Inner driver will perform
- Obtaining dimension and leading dimension that will be needed in FFI functions,
- Checking validability of parameters (all in column-major),
- Allocating output buffer if output `c` is not column-major (to be `ArrayOut::ToBeCloned`), or not defined (to be `ArrayOut::Owned`).
- Returning FFI `GEMM_Driver` for future computation.
- `struct GEMM_Builder` (with trait bound `BLASBuilder`)
This struct is builder, automatically derived by crate `derive_builder`, which is designed to be accessible by API user.
**This struct accepts input with arbitary stride**, though this is not recommanded.
Trait function `run` will perform the following works:
- Check layout (will be further explained in [Layout Convention](#layout-convention)),
- Perform trans / side / uplo flag flip, and matrix transposition to proper layout;
- Generate `GEMM_` struct, and perform FFI computation;
- If layout is row-major, reverse axis of output matrix from FFI (FFI only accepts column-major matrix).
## Layout Convention
### Row-major and Col-major
For this crate, row-major and col-major is not the same meaning to C-contiguous and F-contiguous (flags of numpy).

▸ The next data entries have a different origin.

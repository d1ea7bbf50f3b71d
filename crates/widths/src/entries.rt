//! Entries, written in parts where their arguments are cut.
use crate::conditions::put_conditions;
use crate::narrowing::{CutError, Plan, conditions};
use crate::plans::{agree, cuts, lowered, plan_of};
use crate::text::Text;
use machines::Arch;
use profile::{Cond, Rule};
use profile_json::EntryRules;
use serde_json::Value;
use std::alloc::{AllocError, Global};
use wording::ConditionText;

// How many entries a bundle may have.
const MOST_ENTRIES: usize = 1024;

/// The text of the entries, what was changed in them, and whether they can be written.
#[derive(Drop)]
pub(crate) struct Entries<'a> {
    pub(crate) alloc: Global,
    pub(crate) machines: &'a [Arch],
    pub(crate) text: Text,
    pub(crate) changes: Text,
    pub(crate) is_refused: bool,
    /// How many entries stand in the text.
    pub(crate) count: usize,
}

/// Adds a key with its member, if it is there.
pub(crate) fn put_member(text: &mut Text, object: &Value, key: &str) {
    if let Some(member) = object.get(key) {
        text.separate(", ");
        text.put(format_args!("\"{key}\": {member}"));
    }
}

/// The list that a key has, empty where there is none.
pub(crate) fn list_in<'a>(object: &'a Value, key: &str) -> &'a [Value] {
    match object.get(key).and_then(Value::as_array) {
        Some(list) => list.as_slice(),
        None => &[],
    }
}

// Adds the conditions of an entry, each behind a space.
fn tell_conditions(text: &mut Text, conds: &[Cond]) {
    let mut joined_by = "if";
    for cond in conds {
        let condition = ConditionText(cond);
        text.put(format_args!(" {joined_by} {condition}"));
        joined_by = "and";
    }
}

// Adds what is read of values that arguments cannot have.
fn tell_lowered(text: &mut Text, conds: &[Cond], lowers: &[Cond]) {
    let mut joined_by = ", of which";
    let mut is_told = false;
    for place in 0..conds.len().min(lowers.len()) {
        if conds[place] != lowers[place] {
            let condition = ConditionText(&lowers[place]);
            text.put(format_args!("{joined_by} {condition}"));
            joined_by = " and";
            is_told = true;
        }
    }
    if is_told {
        text.put(" is read,");
    }
}

impl<'a> Entries<'a> {
    /// No entries yet.
    pub(crate) fn new(alloc: Global, machines: &'a [Arch]) -> Entries<'a> {
        Entries {
            alloc,
            machines,
            text: Text::new(alloc),
            changes: Text::new(alloc),
            is_refused: false,
            count: 0,
        }
    }

    // Begins an entry.
    fn begin(&mut self) {
        self.text.separate(",");
        self.text.put("\n        ");
        self.count = self.count.saturating_add(1);
    }

    // Adds an entry for one call with these conditions.
    fn put_part(&mut self, entry: &Value, name: &str, conds: &[Cond]) {
        self.begin();
        self.text.put(format_args!("{{\"names\": [\"{name}\"]"));
        put_member(&mut self.text, entry, "action");
        put_member(&mut self.text, entry, "errnoRet");
        self.text.put(", \"args\": ");
        put_conditions(&mut self.text, conds);
        self.text.put("}");
    }

    // Tells why an entry cannot be written.
    fn refuse(&mut self, at: usize, name: &str, why: &str) {
        self.is_refused = true;
        self.changes.put(format_args!("linux.seccomp.syscalls[{at}]: {name}: {why}\n"));
    }

    // Whether there are more entries than a bundle may have.
    fn is_full(&self) -> bool {
        self.count > MOST_ENTRIES
    }

    // Tells what an entry became for one call, and what is read of values that its arguments cannot have.
    fn tell(&mut self, at: usize, name: &str, conds: &[Cond], lowers: &[Cond], count: usize) {
        self.changes
            .put(format_args!("linux.seccomp.syscalls[{at}]: {name}"));
        tell_conditions(&mut self.changes, conds);
        tell_lowered(&mut self.changes, conds, lowers);
        let entries = if count == 1 { "entry" } else { "entries" };
        self.changes
            .put(format_args!(" is written as {count} {entries}\n"));
    }

    // Tells an order with a value that its argument cannot have.
    fn refuse_order(&mut self, at: usize, name: &str, place: usize, conds: &[Cond]) {
        self.is_refused = true;
        self.changes.put(format_args!("linux.seccomp.syscalls[{at}].args[{place}]: {name}"));
        tell_conditions(&mut self.changes, conds);
        self.changes.put(
            ": the argument never has so high a value, and no order is told by its lowest bits: write a value that it can have\n",
        );
    }

    // Adds what an entry says of one call whose arguments are cut and can have all values.
    fn put_lowered(
        &mut self,
        at: usize,
        entry: &Value,
        name: &str,
        conds: &[Cond],
        lowers: &[Cond],
        plan: &Plan,
    ) -> Result<(), AllocError> {
        if !agree(self.machines, name, lowers, plan) {
            self.refuse(
                at,
                name,
                "its machines read unlike numbers of bits of an argument",
            );
            return Ok(());
        }
        // There are six arguments.
        match conditions(self.alloc, &lowers[..lowers.len().min(6)], plan) {
            Ok(lists) => {
                self.tell(at, name, conds, lowers, lists.len());
                for conds in &lists {
                    self.put_part(entry, name, conds.as_slice());
                }
                Ok(())
            }
            Err(CutError::TooMany) => {
                self.refuse(at, name, "is more parts than a bundle may have");
                Ok(())
            }
            Err(CutError::OutOfMemory) => Err(AllocError),
        }
    }

    // Adds what an entry says of one call.
    fn put_call(
        &mut self,
        at: usize,
        entry: &Value,
        name: &str,
        conds: &[Cond],
    ) -> Result<(), AllocError> {
        let plan = plan_of(self.machines, name, conds);
        if !cuts(&plan) {
            self.put_part(entry, name, conds);
            return Ok(());
        }
        match lowered(self.alloc, conds, &plan)? {
            Ok(lowers) => self.put_lowered(at, entry, name, conds, &lowers, &plan),
            Err(place) => {
                self.refuse_order(at, name, place, conds);
                Ok(())
            }
        }
    }

    // Whether an argument of one of the calls is cut.
    fn is_cut(&self, names: &[Value], conds: &[Cond]) -> bool {
        for name in names {
            let name = name.as_str().unwrap_or("");
            let plan = plan_of(self.machines, name, conds);
            if cuts(&plan) {
                return true;
            }
        }
        false
    }

    // Adds an entry, in parts where arguments are cut, until there are too many.
    fn put_entry(&mut self, at: usize, entry: &Value, conds: &[Cond]) -> Result<(), AllocError> {
        let names = list_in(entry, "names");
        if !self.is_cut(names, conds) {
            self.begin();
            self.text.put(format_args!("{entry}"));
            return Ok(());
        }
        for name in names {
            self.put_call(at, entry, name.as_str().unwrap_or(""), conds)?;
            if self.is_full() {
                break;
            }
        }
        Ok(())
    }

    /// Adds the entries, until there are too many.
    pub(crate) fn put_all(&mut self, list: &[Value], all: &EntryRules) -> Result<(), AllocError> {
        let mut start = 0;
        for (at, entry) in list.iter().enumerate() {
            let end = all.ends.get(at).copied().unwrap_or(start);
            let rules = all.rules.get(start..end).unwrap_or(&[]);
            start = end;
            self.put_entry(at, entry, conds_of(rules))?;
            if self.is_full() {
                self.is_refused = true;
                self.changes.put(format_args!(
                    "linux.seccomp.syscalls: more than the {MOST_ENTRIES} entries that a bundle may have\n"
                ));
                break;
            }
        }
        Ok(())
    }
}

// The conditions of an entry, by its rules.
fn conds_of(rules: &[Rule]) -> &[Cond] {
    match rules.first() {
        Some(rule) => rule.conds.as_slice(),
        None => &[],
    }
}
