//! Whether a profile says of the records of a call what several say together, by a walk through the bits of their arguments.
ghost use Rattle.std.specs.Prelude.{IfOk};
ghost use Rattle.together.specs.inner.Walked.{IsWalked, SaysAll};

use crate::product::together_on;
use crate::unlike::{Unlike, record_of, unlike_on};
use crate::way::Way;
use differ::{
    Call, Direction, Side, Steps, Unlisted, bits_of, give_back, limited_memory, side_of, unlike_at,
};
use profile::{Op, Profile};
use std::alloc::{AllocError, Global};

/// What is known of the records of a call.
#[derive(Clone, Copy)]
pub(crate) enum Walked {
    /// The profile says of each what counts.
    Agrees,
    /// Of this one it does not.
    Unlike(Unlike),
    /// Neither is known.
    Unknown,
}

// How many numbers that stand for all others are few.
const MOST_NUMBERS: usize = 4096;

// How many rules are made at most of those of several profiles.
const MOST_RULES: usize = 16_384;

// How many rules of a profile are for a call.
fn rules_on(profile: &Profile, call: &Call) -> usize {
    let mut count: usize = 0;
    for rule in profile.rules() {
        if rule.arch.token() == call.token && rule.nr == call.nr {
            count = count.saturating_add(1);
        }
    }
    count
}

// How many conditions of a profile for a call are under masks, or are not.
fn conditions_on(profile: &Profile, call: &Call, are_masked: bool) -> usize {
    let mut count: usize = 0;
    for rule in profile.rules() {
        if rule.arch.token() == call.token && rule.nr == call.nr {
            for cond in rule.conds.as_slice() {
                if (cond.op == Op::MaskedEq) == are_masked {
                    count = count.saturating_add(1);
                }
            }
        }
    }
    count
}

// How many conditions of profiles, and of one more, for a call are under masks, or are not.
fn conditions_together(
    profiles: &[Profile],
    joined: &Profile,
    call: &Call,
    are_masked: bool,
) -> usize {
    let mut count = conditions_on(joined, call, are_masked);
    for profile in profiles {
        count = count.saturating_add(conditions_on(profile, call, are_masked));
    }
    count
}

/// Whether there may be many numbers that stand for all others: each mask doubles them.
pub(crate) fn may_be_many(profiles: &[Profile], joined: &Profile, call: &Call) -> bool {
    let masks = conditions_together(profiles, joined, call, true);
    if masks == 0 {
        return false;
    }
    let numbers = conditions_together(profiles, joined, call, false);
    let mut count = numbers.saturating_mul(2).saturating_add(1);
    for _ in 0..masks {
        count = count.saturating_mul(2);
    }
    count > MOST_NUMBERS
}

// How many rules of profiles, and of one more, are for a call.
fn all_rules_on(profiles: &[Profile], joined: &Profile, call: &Call) -> usize {
    let mut count = rules_on(joined, call);
    for profile in profiles {
        count = count.saturating_add(rules_on(profile, call));
    }
    count
}

// How many rules are made of those of profiles.
fn rules_together(profiles: &[Profile], call: &Call) -> usize {
    let mut count: usize = 1;
    for profile in profiles {
        count = count.saturating_mul(rules_on(profile, call).saturating_add(1));
    }
    count
}

// What is known of the record with these arguments.
fn shown(
    alloc: Global,
    way: Way,
    profiles: &[Profile],
    joined: &Profile,
    call: &Call,
    args: [u64; 6],
) -> Result<Walked, AllocError>
    ensures { IfOk result (IsWalked way profiles.now joined.now call.now) }
{
    let record = record_of(*call, args);
    match unlike_on(alloc, way, profiles, joined, &record)? {
        Some(found) => Ok(Walked::Unlike(found)),
        None => Ok(Walked::Unknown),
    }
}

// What is known where a side says what profiles say together.
fn walked_with(
    alloc: Global,
    way: Way,
    profiles: &[Profile],
    joined: &Profile,
    call: &Call,
    one: Side,
    steps: &mut Steps,
) -> Result<Walked, AllocError>
    requires { SaysAll way profiles.now call.now one }
    ensures { IfOk result (IsWalked way profiles.now joined.now call.now) }
{
    let other = side_of(alloc, joined, call.token, call.nr)?;
    let rules = all_rules_on(profiles, joined, call);
    let mut memory = limited_memory(alloc, rules, steps);
    let bits = bits_of(call.token);
    match unlike_at(
        alloc,
        Direction::Any,
        one,
        other,
        0,
        bits,
        bits,
        &mut memory,
    ) {
        Ok(None) => {
            give_back(steps, &memory);
            Ok(Walked::Agrees)
        }
        Ok(Some(args)) => {
            give_back(steps, &memory);
            shown(alloc, way, profiles, joined, call, args)
        }
        Err(Unlisted::TooMany) => Ok(Walked::Unknown),
        Err(Unlisted::OutOfMemory) => Err(AllocError),
    }
}

/// What is known of the records of a call, if there are some profiles of not too many rules.
pub(crate) fn walk_through(
    alloc: Global,
    way: Way,
    profiles: &[Profile],
    joined: &Profile,
    call: &Call,
    steps: &mut Steps,
) -> Result<Walked, AllocError>
    ensures { IfOk result (IsWalked way profiles.now joined.now call.now) }
{
    if rules_together(profiles, call) > MOST_RULES {
        return Ok(Walked::Unknown);
    }
    match together_on(alloc, way, profiles, call)? {
        Some(one) => walked_with(alloc, way, profiles, joined, call, one, steps),
        None => Ok(Walked::Unknown),
    }
}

Contiguous means that **all** data in memory is contiguous. Difference of C-contiguous and F-contiguous in that how the matrix is presented in memory.
```output
C-contiguous F-contiguous Non-contiguous Sequential
(by row) (by col) (by row) (onedim)
+++++ +++-- ----- +++++
+++++ +++-- -+++-
+++++ +++-- -+++-
----- +++-- -+++-
----- +++-- -----
shape [3, 5] [5, 3] [3, 3]
strides [5, 1] [1, 5] [5, 1]
```
Major does not require all data in memory is contiguous. However, it require data in one dimension to be contiguous.
```output
row-major col-major row/col-major row/col-major custom-layout
(by row) (by col) (by row) (by col) (by row)
++++- ----- ----- ----- +-+-+
----- +-+-+ -+++- -+++- -----
++++- +-+-+ -+++- -+++- +-+-+
----- +-+-+ -+++- -+++- -----
++++- +-+-+ ----- ----- +-+-+
shape [ 3, 4] [4, 3] [3, 3] [3, 3] [ 3, 3]
strides [10, 1] [1, 10] [5, 1] [1, 5] [10, 2]
```
In this crate, we check row/col-major if stride of second/first dimension is one.
### BLAS3
For all BLAS3 functions, specifying row-major or col-major to keyword `layout` will **not change result**; however, efficiency may vary.
Layout is defined by this way:
- Use layout provided by user; otherwise (user does not explicitly provide layout)
- If output matrix provided by user is either row-major or col-major, then specify layout by output matrix layout; otherwise (output matrix is custom-layout, or no output matrix provided)
- If **all** input is col-major, then specify layout as col-major; otherwise, specify layout as row-major.
### BLAS2
For packed and banded operations, row-major and col-major could incur **different** results. For more information, we refer to BLAST document of [C Interface to the Legacy BLAS](https://netlib.org/blas/blast-forum/cinterface.pdf).
In other cases, result is unrelated to layout, as the same case in BLAS3.